(Stored dataset items)
-------

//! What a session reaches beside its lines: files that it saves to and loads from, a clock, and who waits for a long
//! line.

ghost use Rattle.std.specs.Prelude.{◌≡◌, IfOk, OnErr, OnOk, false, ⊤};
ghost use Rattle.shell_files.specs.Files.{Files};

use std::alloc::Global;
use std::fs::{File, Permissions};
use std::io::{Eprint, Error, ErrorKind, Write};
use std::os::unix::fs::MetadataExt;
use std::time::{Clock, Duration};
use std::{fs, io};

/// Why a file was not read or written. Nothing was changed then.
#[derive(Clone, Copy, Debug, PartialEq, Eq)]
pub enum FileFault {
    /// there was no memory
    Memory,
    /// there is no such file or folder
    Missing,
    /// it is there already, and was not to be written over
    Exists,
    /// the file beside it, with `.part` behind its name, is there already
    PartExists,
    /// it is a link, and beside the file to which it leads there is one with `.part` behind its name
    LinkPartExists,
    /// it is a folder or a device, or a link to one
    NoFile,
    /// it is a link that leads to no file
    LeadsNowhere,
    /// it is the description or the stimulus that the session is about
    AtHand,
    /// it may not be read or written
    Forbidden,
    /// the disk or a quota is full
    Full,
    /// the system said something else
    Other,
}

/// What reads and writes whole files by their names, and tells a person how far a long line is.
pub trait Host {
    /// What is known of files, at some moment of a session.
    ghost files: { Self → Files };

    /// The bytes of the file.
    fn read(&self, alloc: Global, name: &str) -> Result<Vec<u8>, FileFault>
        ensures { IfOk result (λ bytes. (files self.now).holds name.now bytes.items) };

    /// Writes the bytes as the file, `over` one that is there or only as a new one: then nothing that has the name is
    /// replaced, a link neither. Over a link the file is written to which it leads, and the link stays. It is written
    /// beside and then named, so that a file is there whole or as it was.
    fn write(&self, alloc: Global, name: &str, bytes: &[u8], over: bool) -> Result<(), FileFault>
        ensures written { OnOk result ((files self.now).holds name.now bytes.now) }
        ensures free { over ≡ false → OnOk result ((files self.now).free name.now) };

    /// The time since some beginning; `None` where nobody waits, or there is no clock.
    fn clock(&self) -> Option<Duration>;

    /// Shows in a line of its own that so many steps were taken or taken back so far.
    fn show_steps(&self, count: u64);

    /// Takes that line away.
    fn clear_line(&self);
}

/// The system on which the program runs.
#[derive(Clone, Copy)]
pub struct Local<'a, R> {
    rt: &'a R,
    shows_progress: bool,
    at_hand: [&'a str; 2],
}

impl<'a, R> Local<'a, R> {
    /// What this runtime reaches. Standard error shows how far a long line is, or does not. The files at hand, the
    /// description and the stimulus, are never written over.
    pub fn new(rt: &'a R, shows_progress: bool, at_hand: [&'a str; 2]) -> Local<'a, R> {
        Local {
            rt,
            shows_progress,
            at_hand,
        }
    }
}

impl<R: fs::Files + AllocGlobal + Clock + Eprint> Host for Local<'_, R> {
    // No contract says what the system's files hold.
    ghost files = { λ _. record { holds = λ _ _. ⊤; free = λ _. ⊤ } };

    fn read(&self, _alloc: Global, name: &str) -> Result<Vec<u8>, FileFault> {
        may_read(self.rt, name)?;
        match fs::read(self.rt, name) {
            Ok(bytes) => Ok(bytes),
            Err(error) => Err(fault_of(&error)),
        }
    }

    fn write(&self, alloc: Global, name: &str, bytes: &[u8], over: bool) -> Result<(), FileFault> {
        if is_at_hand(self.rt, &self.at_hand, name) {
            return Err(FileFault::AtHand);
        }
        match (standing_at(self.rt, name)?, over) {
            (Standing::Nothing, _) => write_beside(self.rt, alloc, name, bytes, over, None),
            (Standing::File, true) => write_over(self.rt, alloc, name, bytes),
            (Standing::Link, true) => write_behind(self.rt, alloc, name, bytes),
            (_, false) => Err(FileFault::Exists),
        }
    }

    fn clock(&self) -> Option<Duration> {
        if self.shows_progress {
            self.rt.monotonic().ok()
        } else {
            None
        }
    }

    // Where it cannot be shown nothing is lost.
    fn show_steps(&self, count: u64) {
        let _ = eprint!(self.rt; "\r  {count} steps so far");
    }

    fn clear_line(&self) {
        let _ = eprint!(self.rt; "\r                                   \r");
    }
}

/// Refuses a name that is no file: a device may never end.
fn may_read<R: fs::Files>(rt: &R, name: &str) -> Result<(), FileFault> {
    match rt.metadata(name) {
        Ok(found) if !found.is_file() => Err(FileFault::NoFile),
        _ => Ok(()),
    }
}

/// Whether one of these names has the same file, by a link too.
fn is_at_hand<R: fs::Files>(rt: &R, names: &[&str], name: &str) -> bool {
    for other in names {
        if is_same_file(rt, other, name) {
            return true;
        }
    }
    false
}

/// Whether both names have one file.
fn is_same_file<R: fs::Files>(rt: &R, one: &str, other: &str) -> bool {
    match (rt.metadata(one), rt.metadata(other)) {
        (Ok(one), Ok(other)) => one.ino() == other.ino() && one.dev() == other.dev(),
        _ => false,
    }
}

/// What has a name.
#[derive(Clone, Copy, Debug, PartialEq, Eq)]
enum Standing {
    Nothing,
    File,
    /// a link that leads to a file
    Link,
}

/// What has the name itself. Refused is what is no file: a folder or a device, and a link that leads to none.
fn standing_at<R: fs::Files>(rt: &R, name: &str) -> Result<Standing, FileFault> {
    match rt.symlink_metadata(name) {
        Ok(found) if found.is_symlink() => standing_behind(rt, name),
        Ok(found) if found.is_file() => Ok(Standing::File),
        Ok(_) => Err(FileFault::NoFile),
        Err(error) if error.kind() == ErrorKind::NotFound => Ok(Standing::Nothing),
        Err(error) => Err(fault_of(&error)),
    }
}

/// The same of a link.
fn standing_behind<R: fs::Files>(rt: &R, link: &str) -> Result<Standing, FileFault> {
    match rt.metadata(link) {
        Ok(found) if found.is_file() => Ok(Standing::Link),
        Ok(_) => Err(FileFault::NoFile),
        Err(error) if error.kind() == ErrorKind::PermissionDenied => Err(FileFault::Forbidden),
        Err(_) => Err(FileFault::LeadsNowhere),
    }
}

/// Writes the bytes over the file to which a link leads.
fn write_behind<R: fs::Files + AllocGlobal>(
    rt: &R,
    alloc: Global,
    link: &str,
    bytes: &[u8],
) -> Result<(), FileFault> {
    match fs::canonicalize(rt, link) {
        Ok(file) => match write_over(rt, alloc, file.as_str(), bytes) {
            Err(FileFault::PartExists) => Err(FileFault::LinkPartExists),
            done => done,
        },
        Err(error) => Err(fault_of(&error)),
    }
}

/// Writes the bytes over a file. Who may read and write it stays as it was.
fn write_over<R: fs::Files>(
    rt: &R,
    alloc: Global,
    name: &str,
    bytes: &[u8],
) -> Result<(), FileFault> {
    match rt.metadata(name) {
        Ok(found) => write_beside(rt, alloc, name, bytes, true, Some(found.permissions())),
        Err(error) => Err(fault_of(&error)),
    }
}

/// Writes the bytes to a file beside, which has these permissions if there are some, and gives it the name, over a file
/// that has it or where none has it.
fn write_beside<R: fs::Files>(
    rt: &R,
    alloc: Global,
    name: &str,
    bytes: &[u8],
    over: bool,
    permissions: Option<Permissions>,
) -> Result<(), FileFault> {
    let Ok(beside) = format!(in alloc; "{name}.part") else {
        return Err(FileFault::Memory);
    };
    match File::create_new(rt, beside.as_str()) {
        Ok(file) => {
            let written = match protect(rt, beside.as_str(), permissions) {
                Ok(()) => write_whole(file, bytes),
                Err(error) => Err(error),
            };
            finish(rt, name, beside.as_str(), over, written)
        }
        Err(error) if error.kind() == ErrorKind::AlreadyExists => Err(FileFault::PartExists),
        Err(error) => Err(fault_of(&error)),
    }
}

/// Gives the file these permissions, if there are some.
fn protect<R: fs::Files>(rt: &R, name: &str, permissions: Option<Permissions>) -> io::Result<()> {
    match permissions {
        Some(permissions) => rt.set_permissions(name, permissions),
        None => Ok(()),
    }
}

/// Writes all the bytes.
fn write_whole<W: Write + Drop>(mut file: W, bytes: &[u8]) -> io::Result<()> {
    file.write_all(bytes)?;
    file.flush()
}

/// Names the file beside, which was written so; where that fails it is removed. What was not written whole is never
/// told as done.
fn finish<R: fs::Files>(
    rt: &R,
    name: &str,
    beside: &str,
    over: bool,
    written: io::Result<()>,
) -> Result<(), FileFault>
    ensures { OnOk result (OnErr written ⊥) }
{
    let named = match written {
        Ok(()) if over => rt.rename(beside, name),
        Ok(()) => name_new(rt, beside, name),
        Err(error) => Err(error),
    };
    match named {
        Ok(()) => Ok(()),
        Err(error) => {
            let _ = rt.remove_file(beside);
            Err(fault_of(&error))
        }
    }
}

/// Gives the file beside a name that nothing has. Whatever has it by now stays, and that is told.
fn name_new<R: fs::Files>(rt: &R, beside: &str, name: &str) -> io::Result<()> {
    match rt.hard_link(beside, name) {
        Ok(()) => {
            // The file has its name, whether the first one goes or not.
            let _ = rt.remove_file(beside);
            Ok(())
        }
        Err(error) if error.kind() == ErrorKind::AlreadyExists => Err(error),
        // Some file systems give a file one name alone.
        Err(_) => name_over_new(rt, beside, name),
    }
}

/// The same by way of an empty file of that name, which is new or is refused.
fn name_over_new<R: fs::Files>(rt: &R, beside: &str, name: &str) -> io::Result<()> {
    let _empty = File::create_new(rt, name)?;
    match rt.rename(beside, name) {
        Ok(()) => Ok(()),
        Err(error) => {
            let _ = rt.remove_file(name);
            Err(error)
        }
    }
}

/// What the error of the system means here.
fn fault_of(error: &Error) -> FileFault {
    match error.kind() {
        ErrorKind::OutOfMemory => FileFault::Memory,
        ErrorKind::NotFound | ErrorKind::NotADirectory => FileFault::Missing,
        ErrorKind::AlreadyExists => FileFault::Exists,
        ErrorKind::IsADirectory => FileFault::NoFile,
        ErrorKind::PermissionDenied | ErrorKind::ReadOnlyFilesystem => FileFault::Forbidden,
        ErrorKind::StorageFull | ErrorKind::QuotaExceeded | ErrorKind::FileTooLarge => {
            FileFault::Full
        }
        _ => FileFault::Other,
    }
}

-------

What to produce:
Locate the lines above that hold the word "LeadsNowhere". Show every one of them.

Written answer:
    LeadsNowhere,
        Err(_) => Err(FileFault::LeadsNowhere),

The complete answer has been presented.